A presença de metanol em bebidas não é um acidente: é o ponto de encontro entre processos mal conduzidos, adulteração criminosa e brechas de fiscalização. A proteção vem de três frentes: produtores responsáveis, fiscalização efetiva e consumidores atentos.

O que produtores, pontos de venda e consumidores devem reforçar

  • Controle rigoroso de fornecedores e notas fiscais.
  • Boas práticas de destilação: descarte de cabeças, controle de temperatura, manutenção preventiva de equipamentos.
  • Rotulagem e rastreabilidade de lotes.
  • Amostragem e ensaios periódicos para parâmetros básicos (teor alcoólico real versus declarado e testes para quantificar metanol).
  • Denúncia e cooperação com vigilância sanitária local quando houver suspeita.
Imagem: IA para o ebook “Do copo ao negócio: guia completo para empreender no mercado de bebidas

O que os consumidores devem observar na bebida antes do consumo

1. Caso compre a garrafa, observe se ela está bem lacrada.

2. Observe se há rasuras ou impressões de baixa qualidade no rótulo. No rótulo, devem constar as seguintes informações:
a. Nome do produto (denominação de venda conforme legislação)
b. Lista de ingredientes (em ordem decrescente de quantidade)
c. Volume (ml, L)
d. Teor alcoólico (quando for bebida alcoólica)
e. Lote (para rastreabilidade)
f. Validade, porém bebidas alcoólicas com 10% ou mais de álcool são isentas de declarar a validade
g. Identificação do fabricante (razão social, CNPJ, endereço)
h. Número de registro da bebida no órgão competente: MAPA para bebidas alcoólicas e grande maioria das outras bebidas (vinho, cerveja, cachaça, sucos industrializados etc.); ANVISA para certas bebidas não alcoólicas (ex.: energéticos, bebidas adicionadas de nutrientes, suplementos líquidos).
i. Advertências obrigatórias (quando aplicável: “Evite o consumo excessivo de álcool” (bebidas alcoólicas), informação sobre presença de glúten (“Contém Glúten” ou “Não Contém Glúten”), conforme Lei nº 10.674/2003 e outras declarações específicas (adoçantes, cafeína, alergênicos, conforme o caso e as normas da
Anvisa).

3. Desconfie de bebidas com cor turva, sedimentos estranhos ou odor fora do esperado.

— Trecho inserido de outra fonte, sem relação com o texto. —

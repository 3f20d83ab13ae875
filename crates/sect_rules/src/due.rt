// What is decided next at a node of a search, and its options.

ghost use Rattle.std.specs.Prelude.{◌≡◌, slice_get, Contains, IfSome};
ghost use Rattle.std.specs.Option.{option_map};
ghost use Rattle.sect_model.specs.Path.{options_at};
ghost use Rattle.sect_model.specs.Rules.{leaf_of};
ghost use Rattle.sect_rules.specs.Due.{place_of, place_at, pick_at, wanted_place, course_place, joined_place, config_place, IsStep};

use crate::configured::Configured;
use crate::joined::Joined;
use crate::on_course::OnCourse;
use crate::wanted::Wanted;
use sect_base::{CourseId, Rule};
use sect_catalog::{ConfigRow, SectionRow};
use sect_reserve::Reservation;

/// What is decided next, with what was decided before it.
#[derive(Clone, Copy)]
pub enum Due<'a> {
    /// A course of the want.
    Course(&'a Wanted<'a>),
    /// A reservation of the course's offering, or none.
    Reservation(&'a OnCourse<'a>),
    /// A configuration of the offering.
    Config(&'a Joined<'a>),
    /// A section of the next subpart.
    Section(&'a Configured<'a>),
}

/// An option, with what was decided before it. A reservation, a configuration and a section come with their rows.
#[derive(Clone, Copy)]
pub enum Step<'a> {
    Course(&'a Wanted<'a>, CourseId),
    Reservation(&'a OnCourse<'a>, Option<&'a Reservation>),
    Config(&'a Joined<'a>, &'a ConfigRow),
    Section(&'a Configured<'a>, &'a SectionRow),
}

/// The option at a place: the want's courses as given, or the offering's reservations, obligatory ones first and each part by
/// id, and behind them none, or its configurations by id, or the sections of the next subpart by id. None exactly past the last.
/// It takes no memory.
#[inline(always)]
pub fn step_at<'a>(due: Due<'a>, i: usize) -> Option<Step<'a>>
    ensures value { option_map pick_at result ≡ slice_get (options_at (place_of due.entry).world (place_of due.entry).mv (place_of due.entry).path) i }
    ensures place { IfSome result (λ step. place_at step ≡ place_of due.entry) }
    ensures option { IfSome result (λ step. Contains (options_at (place_at step).world (place_at step).mv (place_at step).path) (pick_at step)) }
    ensures row { IfSome result IsStep }
{
    step_in(due, i)
}

/// The same.
#[inline(always)]
fn step_in<'a>(due: Due<'a>, i: usize) -> Option<Step<'a>>
    ensures value { option_map pick_at result ≡ slice_get (options_at (place_of due.entry).world (place_of due.entry).mv (place_of due.entry).path) i }
    ensures place { IfSome result (λ step. place_at step ≡ place_of due.entry) }
    ensures row { IfSome result IsStep }
{
    match due {
        Due::Course(wanted) => course_step(wanted, i),
        Due::Reservation(on) => reservation_step(on, i),
        Due::Config(by) => config_step(by, i),
        Due::Section(inside) => section_step(inside, i),
    }
}

/// The first rule that the option breaks, with its number. It takes no memory.
#[inline(always)]
pub fn broken(step: Step) -> Option<(Rule, u32)>
    requires option { Contains (options_at (place_at step).world (place_at step).mv (place_at step).path) (pick_at step) }
    requires row { IsStep step }
    ensures { result ≡ leaf_of (place_at step.entry).world (place_at step.entry).mv (place_at step.entry).path (pick_at step.entry) }
{
    match step {
        Step::Course(wanted, course) => wanted.broken(course),
        Step::Reservation(on, row) => on.broken(row),
        Step::Config(by, row) => by.broken(row),
        Step::Section(inside, row) => inside.broken(row),
    }
}

/// The course at a place, as an option.
#[inline(always)]
fn course_step<'a>(wanted: &'a Wanted<'a>, i: usize) -> Option<Step<'a>>
    ensures value { option_map pick_at result ≡ slice_get (options_at (wanted_place wanted.now).world (wanted_place wanted.now).mv (wanted_place wanted.now).path) i }
    ensures place { IfSome result (λ step. place_at step ≡ wanted_place wanted.now) }
    ensures row { IfSome result IsStep }
{
    let course = wanted.course(i)?;
    Some(Step::Course(wanted, course))
}

/// The reservation at a place, or none, as an option.
#[inline(always)]
fn reservation_step<'a>(on: &'a OnCourse<'a>, i: usize) -> Option<Step<'a>>
    ensures value { option_map pick_at result ≡ slice_get (options_at (course_place on.now).world (course_place on.now).mv (course_place on.now).path) i }
    ensures place { IfSome result (λ step. place_at step ≡ course_place on.now) }
    ensures row { IfSome result IsStep }
{
    let row = on.reservation(i)?;
    Some(Step::Reservation(on, row))
}

/// The configuration at a place, as an option.
#[inline(always)]
fn config_step<'a>(by: &'a Joined<'a>, i: usize) -> Option<Step<'a>>
    ensures value { option_map pick_at result ≡ slice_get (options_at (joined_place by.now).world (joined_place by.now).mv (joined_place by.now).path) i }
    ensures place { IfSome result (λ step. place_at step ≡ joined_place by.now) }
    ensures row { IfSome result IsStep }
{
    let row = by.config(i)?;
    Some(Step::Config(by, row))
}

/// The section at a place, as an option.
#[inline(always)]
fn section_step<'a>(inside: &'a Configured<'a>, i: usize) -> Option<Step<'a>>
    ensures value { option_map pick_at result ≡ slice_get (options_at (config_place inside.now).world (config_place inside.now).mv (config_place inside.now).path) i }
    ensures place { IfSome result (λ step. place_at step ≡ config_place inside.now) }
    ensures row { IfSome result IsStep }
{
    let row = inside.section(i)?;
    Some(Step::Section(inside, row))
}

4. Prefira estabelecimentos comerciais formais e marcas de bebidas com procedência clara e conhecidas.

5. Desconfie de preços muito baixos e de bebidas vendidas em embalagens improvisadas, sem identificação ou reaproveitadas.

6. Em festas e pontos turísticos, prefira bebidas lacradas ao invés de porções fracionadas.

7. Ao menor sinal de alteração visual depois de beber, busque atendimento de urgência. Tempo é crítico no tratamento.

8. Consuma com moderação. Além da segurança física, o consumo consciente protege sua saúde em longo prazo.

9. E novamente, em caso de sintomas suspeitos, procure emergência médica imediatamente e acione o CEATOX (0800-722-6001).

Se viu algo suspeito (bebida vendida sem nota, garrafa com lacre rompido, rótulo suspeito e com ausência de informações e pessoas passando mal após consumir bebidas sem identificação), relate à Vigilância Sanitária municipal ou à polícia. Em caso de sintomas (conforme relatados neste artigo) após ingestão, procure emergência e informe que há suspeita de intoxicação por metanol e leve amostra da bebida, se possível.

No fim das contas, a fraude com metanol não é apenas sobre uma bebida adulterada: é sobre confiança. Confiança naquilo que se consome. Confiança no mercado que se frequenta. Confiança de que um momento de lazer não se transformará em tragédia. E, enquanto autoridades ampliam fiscalizações, a conscientização do consumidor é uma das armas mais poderosas contra esse tipo de crime.

Compartilhe este alerta com quem você conhece. E, antes de abrir a próxima garrafa, lembre-se: segurança começa pela escolha consciente.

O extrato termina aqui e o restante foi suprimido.